We speak as the proud Scotsman is stuck at San Francisco Airport waiting for a plane to Inchon, South Korea, where he is currently building his first course in Asia. Two years ago Kidd told writer John Strawn he would be attempting to target new markets, such as Asia, from his base in the U.S. In an interview with Golf Digest earlier this year, however, Kidd said he had no interest in working in that part of the world, especially China, saying "every man and his dog" was there and that he wasn't particularly interested in the sort of jobs developers were offering.

16th Hole at Bandon Dunes (Photo by Wood Sabold)

Business is business, however, and with so little design work available in the U.S., Kidd took the plunge and has, in fact, been pleasantly surprised by the level of sophistication and golf knowledge he has encountered.

"I know there will be a few very grand projects like Mission Hills Hainan, where size is everything and where the courses are extremely expensive to construct and maintain, but I think they are beginning to understand about restricting water and chemical use over there," he says. "They recognize the typical country club excesses probably can't work in most situations, and that they can't all aspire to be like Augusta National."

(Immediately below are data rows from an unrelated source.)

//! The reading of files by the caller's own thread.

ghost use Rattle.std.specs.Prelude.{◌≡◌, ◌+◌, ◌<◌, All, IfOk, IfSome, None, OnOk, Some, length};
ghost use Rattle.star_label.specs.Files.{text_at};
ghost use Rattle.star_plan.specs.Reading.{IsPrelude};
ghost use Rattle.star_scope.specs.Resolve.{outside_seen};
ghost use Rattle.star_reading.specs.Found.{HasFound, HasFoundWith, IsReadOf, IsRowOf, Within, left_of};
ghost use Rattle.star_reading.specs.Parsed.{IsParsed};
ghost use Rattle.star_reading.specs.Readings.{IsPlaceable, IsReadAs};

use star_dialect::Language;
use star_label::files::Files as Labels;
use star_lex::token::SyntaxFault;
use star_outcome::shelf::Shelf;
use star_parser::parse;
use star_reading::code::of_syntax;
use star_reading::files::prelude_over;
use star_reading::parses::Parsed;
use star_reading::reading::{Found, Read, Reads, resolved};
use star_scope::program::Prelude;
use star_tree::tree::Tree;
use std::alloc::{AllocError, Global};

/// Why files were not read.
#[derive(Clone, Copy, Debug, PartialEq, Eq)]
pub enum ReadError {
    /// An allocation failed.
    Memory,
    /// A cell had a tree already.
    Unpublished,
}

impl From<AllocError> for ReadError {
    fn from(_error: AllocError) -> ReadError {
        ReadError::Memory
    }
}

/// Cells for the trees of a run: one for each file, and the last for the prelude, whose tree is read once more for its
/// names. `Memory` where a growth is refused.
pub fn tree_cells(alloc: Global, files: &Labels) -> Result<Shelf<Tree>, AllocError>
    ensures { IfOk result (λ cells. length cells ≡ length files.now + 1) }
{
    Shelf::new(alloc, files.len() + 1)
}

/// Parses the text of a file, and keeps its tree in the cell at this place. `Unpublished` where the cell has one
/// already.
fn parsed_at<'t>(
    alloc: Global,
    files: &Labels,
    trees: &'t Shelf<Tree>,
    at: usize,
    n: usize,
) -> Result<Parsed<'t>, ReadError>
    requires file { n < length files.now }
    requires cell { at < length trees.now }
    ensures { IfOk result (IsParsed (text_at files.now n)) }
{
    let tree = match parse(alloc, files.text(n)) {
        Ok(tree) => tree,
        Err(SyntaxFault::Memory) => return Err(ReadError::Memory),
        Err(fault) => return Ok(Err(fault)),
    };
    let kept = Box::new(alloc, tree).map_err(AllocError::from)?;
    match trees.publish(at, kept) {
        Ok(note) => Ok(Ok(trees.seen(at, note))),
        Err(_) => Err(ReadError::Unpublished),
    }
}

/// The prelude. Its names are those of its tree, which is kept in the last cell. It has no names if its text does not
/// parse.
fn prelude_of<'t>(
    alloc: Global,
    files: &Labels,
    trees: &'t Shelf<Tree>,
    n: usize,
) -> Result<Prelude<'t>, ReadError>
    requires file { n < length files.now }
    requires cells { length trees.now ≡ length files.now + 1 }
    ensures prelude { IfOk result (λ p. IsPrelude files.now (Some n) (Some p)) }
    ensures file { IfOk result (λ p. p.file ≡ n) }
{
    match parsed_at(alloc, files, trees, files.len(), n)? {
        Ok(tree) => Ok(prelude_over(alloc, n, Some(tree))?),
        Err(_) => Ok(prelude_over(alloc, n, None)?),
    }
}

/// The prelude, where there is one.
fn block_of<'t>(
    alloc: Global,
    files: &Labels,
    trees: &'t Shelf<Tree>,
    prelude: Option<usize>,
) -> Result<Option<Prelude<'t>>, ReadError>
    requires prelude { IfSome prelude (λ n. n < length files.now) }
    requires cells { length trees.now ≡ length files.now + 1 }
    ensures prelude { IfOk result (IsPrelude files.now prelude) }
    ensures file { IfOk result (λ block. IfSome block (λ p. p.file < length files.now)) }
{
    match prelude {
        Some(n) => Ok(Some(prelude_of(alloc, files, trees, n)?)),
        None => Ok(None),
    }
}

/// All that is needed to read files: their texts, the cells of their trees, the prelude, and the roots.
#[derive(Drop)]
struct Reader<'s, 't> {
    alloc: Global,
    files: &'s Labels,
    trees: &'t Shelf<Tree>,
    prelude: Option<&'s Prelude<'t>>,
    language: &'s Language,
    roots: &'s [usize],
}

impl<'s, 't> Reader<'s, 't> {
    /// Reads and resolves a file.
    fn read(&self, n: usize) -> Result<Read<'t>, ReadError>
        requires file { n < length self.now.files.now }
        requires cells { length self.now.trees.now ≡ length self.now.files.now + 1 }
        ensures { IfOk result (IsReadAs self.now.files.now (outside_seen self.now.prelude self.now.language) n) }
    {
        match parsed_at(self.alloc, self.files, self.trees, n, n)? {
            Ok(tree) => Ok(resolved(self.alloc, self.files, self.prelude, self.language, n, tree)?),
            Err(fault) => match of_syntax(fault) {
                Some(fault) => Ok(Read::Fault(fault)),
                None => unreachable!(),
            },
        }
    }

    /// Reads the next file that was found, unless it was read.
    fn read_next(&self, found: &mut Found<'t>, n: usize) -> Result<(), ReadError>
        requires file { n < length self.now.files.now }
        requires cells { length self.now.trees.now ≡ length self.now.files.now + 1 }
        requires prelude { IfSome self.now.prelude (λ p. p.now.file < length self.now.files.now) }
        requires found { HasFoundWith self.now.files.now (outside_seen self.now.prelude self.now.language)
            self.now.roots.now found.old
            n }
        ensures found { OnOk result
            (HasFound self.now.files.now (outside_seen self.now.prelude self.now.language) self.now.roots.now
            found.new) }
        ensures left { OnOk result (left_of found.new.marks.items found.new.todo.items
            ≡ left_of found.old.marks.items found.old.todo.items) }
    {
        if found.is_read(n) {
            return Ok(());
        }
        let read = self.read(n)?;
        found.add(n, read)?;
        Ok(())
    }

    /// Reads all files that the roots reach: the roots, and the loads of all that is read. Each turn takes a file that
    /// was found, and each file is found at most once.
    fn read_all(&self) -> Result<Vec<Option<Read<'t>>>, ReadError>
        requires roots { Within self.now.files.now self.now.roots.now }
        requires cells { length self.now.trees.now ≡ length self.now.files.now + 1 }
        requires prelude { IfSome self.now.prelude (λ p. p.now.file < length self.now.files.now) }
        ensures { IfOk result (λ row. IsRowOf self.now.files.now (outside_seen self.now.prelude self.now.language)
            self.now.roots.now row.items) }
    {
        let mut found = Found::from_roots(self.alloc, self.files, self.roots)?;
        while let Some(n) = found.next() {
            self.read_next(&mut found, n)?;
        }
        let Found { reads, .. } = found;
        Ok(reads)
    }
}

/// Reads the files by this prelude.
fn read_by<'s, 't>(
    alloc: Global,
    files: &'s Labels,
    trees: &'t Shelf<Tree>,
    prelude: Option<&'s Prelude<'t>>,
    language: &'s Language,
    roots: &'s [usize],
) -> Result<Vec<Option<Read<'t>>>, ReadError>
    requires roots { Within files.now roots.now }
    requires cells { length trees.now ≡ length files.now + 1 }
    requires prelude { IfSome prelude (λ p. p.now.file < length files.now) }
    ensures { IfOk result (λ row. IsRowOf files.now (outside_seen prelude.entry language.entry) roots.now row.items) }
{
    let reader = Reader {
        alloc,
        files,
        trees,
        prelude,
        language,
        roots,
    };
    reader.read_all()
}

/// Reads all files that the roots reach, one after another: of each its program in a language, or its static fault. The
/// trees have cells of their own (`tree_cells`). `Memory` where a growth is refused, `Unpublished` where a cell has a
/// tree already.
pub fn read_alone<'t>(
    alloc: Global,
    files: &Labels,
    trees: &'t Shelf<Tree>,
    roots: &[usize],
    prelude: Option<usize>,
    language: &Language,
) -> Result<Reads<'t>, ReadError>
    requires roots { Within files.now roots.now }
    requires cells { length trees.now ≡ length files.now + 1 }
    requires prelude { IfSome prelude (λ n. n < length files.now) }
    ensures read { IfOk result (λ reads. IsReadOf files.now roots.now prelude language.now reads.all.items) }
    ensures placeable { IfOk result (λ reads. All IsPlaceable reads.all.items) }
{
    let block = block_of(alloc, files, trees, prelude)?;
    let all = read_by(alloc, files, trees, block.as_ref(), language, roots)?;
    let others = Vec::new(alloc);
    Ok(Reads { all, others })
}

Kidd is now optimistic about golf in Asia to the point of talking about the possibility of a second "Golden Age" with the likes of Tom Doak, Bill Coore and Ben Crenshaw, Gil Hanse, Kyle Phillips and himself building great courses on the other side of the Pacific with relatively small budgets . . . should they wish to.

"If another Golden Age was to happen, it certainly wouldn't be in the U.S.," he says. "The patient is all but dead in America. Everything is real estate-based and the sort of big-budget facilities we saw open throughout the '90s and first part of this century won't be coming back any time soon. What courses are built in the U.S. in future will be, at least should be, determined by demographics and demand, not the whims of affluent developers."

Huntsman Springs

At His Creative Best

In 2009, Kidd was fortunate enough to work for one of America's most affluent people, although it should be pointed Jon Huntsman isn't your typical developer and the creation of his course in Driggs, Idaho, wasn't motivated by a selfish need to top any rankings or supplement his income.

The man once listed as the 47th richest in the world thanks to the success of his packing and chemical companies, built his course in order to protect the environment and provide jobs in the corner of Idaho where he grew up, as well as make sizeable contributions to the Huntsman Cancer Institute at the University of Utah, which the Huntsman Family founded in 1995 with a pledge of $100 million (another $125 million came soon after).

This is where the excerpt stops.